November 04, 2001
SATs, GREs, And Other Standardized Tests: I Got Nothin But Hate For You, Yo


I'll confess: Testing was very low on the list of things I was trying to escape by going to Hampshire. I was always pretty good at tests, so proud of how I did on them that I still remember the one answer I got wrong on the phonics test which got me into Poly at age five. (And that one wasn't a misunderstanding; it was a mis-generalization which I might not have made if I wasn't so confident with my alphabet skills.)

I started practicing for the GREs today. Not the best day to do it; I just found out a job I was certain I'd get was offered to someone else who was "perfect" for it; and then I went and took a look at some journalism jobs and realized how unqualified I am for them. So my self-esteem is hanging out in some low circle of hell today, one with lots of demons wielding hot pokers. But I started working on the analogy section anyway, and for the first time in my life I'm finding tests to be sheer unadulterated agony.

Performance anxiety is part of it. I haven't taken a test in years, and my SAT verbal scores are a hard act to follow.

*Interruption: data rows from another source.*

// What a tool does next.
use nand_model::{Op, Outcome};

/// What a command does next.
#[derive(Drop)]
pub enum Step {
    /// This operation is to be done, and its reply handed over.
    Do(Op),
    /// The command is over.
    Done,
}

// What comes of a reply to a command.
#[derive(Drop)]
pub enum Turn {
    // This operation comes next.
    Ask(Op),
    // The command is over.
    End(Outcome),
}

// Where a command stands, or the outcome with which it is over.
#[derive(Drop)]
pub enum State<P> {
    At(P),
    Over(Outcome),
}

There were one or two words on the test whose definitions I didn't know. I panicked. My SAT verbal scores were in the 99th percentile; I write for magazines; I won a scholarship to Bread Loaf; I still don't know what the hell "stygian" means, and I feel like a pretender.

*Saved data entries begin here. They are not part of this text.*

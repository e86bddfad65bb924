// Ranges of pages and of blocks.
ghost use Rattle.std.specs.Prelude.{◌≡◌, ◌+◌, ◌*◌, ◌/◌, ◌≤◌, ◌<◌};
ghost use Rattle.command_model.specs.Runnable.{DumpsPages, IsDeviceSize};
ghost use Rattle.command_model.specs.Command.{block_size, device_bytes};
ghost use Rattle.tool_steps.specs.Ranges.{range_blocks, range_pages};

use crate::copies::block_len;
use nand_model::Geometry;

/// The pages of a range of a device, where the length 0 means to the end.
pub fn pages_in_range(g: &Geometry, blocks: u32, off: u64, len: u64) -> u32
    requires { DumpsPages g.now blocks off len }
    ensures pages { result ≡ range_pages g.now blocks off len }
    ensures some { 1 ≤ result }
    ensures few { off / g.now.page + result ≤ blocks * g.now.pages_per_block }
    ensures small { result ≤ 4194304 }
{
    let page = u64::from(g.page);
    let first = off / page;
    let pages = len / page;
    if pages == 0 {
        (u64::from(blocks) * u64::from(g.pages_per_block) - first) as u32
    } else {
        pages as u32
    }
}

/// The blocks of a range of a device, where the length 0 means to the end.
pub fn blocks_in_range(g: &Geometry, blocks: u32, off: u64, len: u64) -> u32
    requires size { IsDeviceSize blocks }
    requires first { off < device_bytes g.now blocks }
    requires last { off + len ≤ device_bytes g.now blocks }
    ensures blocks { result ≡ range_blocks g.now blocks off len }
    ensures some { 1 ≤ result }
    ensures few { off / block_size g.now + result ≤ blocks }
{
    let block = block_len(g);
    let first = off / block;
    let count = len / block;
    if count == 0 {
        blocks - first as u32
    } else {
        count as u32
    }
}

These are the times when my Hampshire goggles kick in and, thank god, I get a clearer reading. I'm a writer, and I love words, and I don't know these ones -- how on earth is the other 99.99% of the world who didn't go to a school like mine EVER going to gain access to higher education when they have to claw their way through a wall of analogies which begin "prediction: augury?" How will they even bring themselves to sit down for yet another test which tells them what a an unworthy piece of sh!t they are?

I'm infuriated by these tests as a writer, too. Kids who get frog-marched through the vocabulary regimen that prepares you for the SAT come out believing that if they want to look smart they should actually use those words. The resulting prose is like sticking your head in a cage full of agitated pigeons. It's fscking unreadable. They never recover, either; look what I've written here. Most people in this country couldn't follow the complexity of my sentences. May my mouth be forcibly sealed and my hands chopped off if I ever use the word "stygian" when I am actually trying to get an idea across to another person!

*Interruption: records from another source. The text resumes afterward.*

// The bodies that nandtest writes.
ghost use Rattle.std.specs.Prelude.{◌≡◌, ◌+◌, ◌*◌, ◌<◌, bytes_eq, IfOk};
ghost use Rattle.nand_model.specs.Seeds.{seed_byte};
ghost use Rattle.command_model.specs.NandTest.{kept_body as body_kept, test_body as body_of_pass};

use crate::copies::{padded, part_of};
use nand_model::{Bytes, Geometry, mix};
use std::alloc::{AllocError, Global};

// The byte at a place of the body that a pass with this seed writes to a page of the device.
fn test_byte(g: &Geometry, seed: u64, page: u32, place: u32) -> u8
    ensures { result ≡ seed_byte seed (page * g.now.page + place) }
{
    let index = u64::from(page) * u64::from(g.page) + u64::from(place);
    (mix(seed, index) & 0xff) as u8
}

// The body that a pass with this seed writes to a page of the device.
pub fn test_body(alloc: Global, g: &Geometry, seed: u64, page: u32) -> Result<Bytes, AllocError>
    ensures { IfOk result (λ body. body ≡ body_of_pass g.now seed page) }
{
    let mut body = Bytes::with_room(alloc, g.page as usize)?;
    for place in 0..g.page {
        body.push_slice(&[test_byte(g, seed, page, place)])?;
    }
    Ok(body)
}

// Whether this is the body that a pass with this seed writes to a page of the device.
pub fn is_test_body(g: &Geometry, seed: u64, page: u32, body: &[u8]) -> bool
    ensures { result ≡ bytes_eq (body_of_pass g.now seed page) body.now }
{
    if body.len() != g.page as usize {
        return false;
    }
    for place in 0..g.page {
        if body[place as usize] != test_byte(g, seed, page, place) {
            return false;
        }
    }
    true
}

// The body that was kept of the page at a place, of kept bodies one after the other.
pub fn kept_body(alloc: Global, g: &Geometry, kept: &[u8], place: u32) -> Result<Bytes, AllocError>
    requires { place < 128 }
    ensures { IfOk result (λ body. body ≡ body_kept g.now kept.now place) }
{
    let len = g.page as usize;
    padded(alloc, part_of(kept, place as usize * len, len), len)
}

The University of California can't stop relying on standardized tests soon enough. If I had realized what a crock the GREs were before I laid out a hundred dollars to take them, I would have refused and told the departments where I'm applying my rationale. I'm lucky any anthropology department where I'd feel comfortable working would agree with me.

coda: Conversely, taking the math and analytical sections of the GREs makes me feel super-confident, because I never was good at it and not getting every question wrong makes me feel productive. I stop thinking about the social ramifications of the test. so much for my sense of social justice. Or is math simply less socially mediated? I suppose it's not when it comes to gender. My boys in aftaschoo tended to feel great about themselves when it came to math, regardless of how nonstandard their English was, while the girls presumed they were getting the answers wrong even if they were performing flawlessly.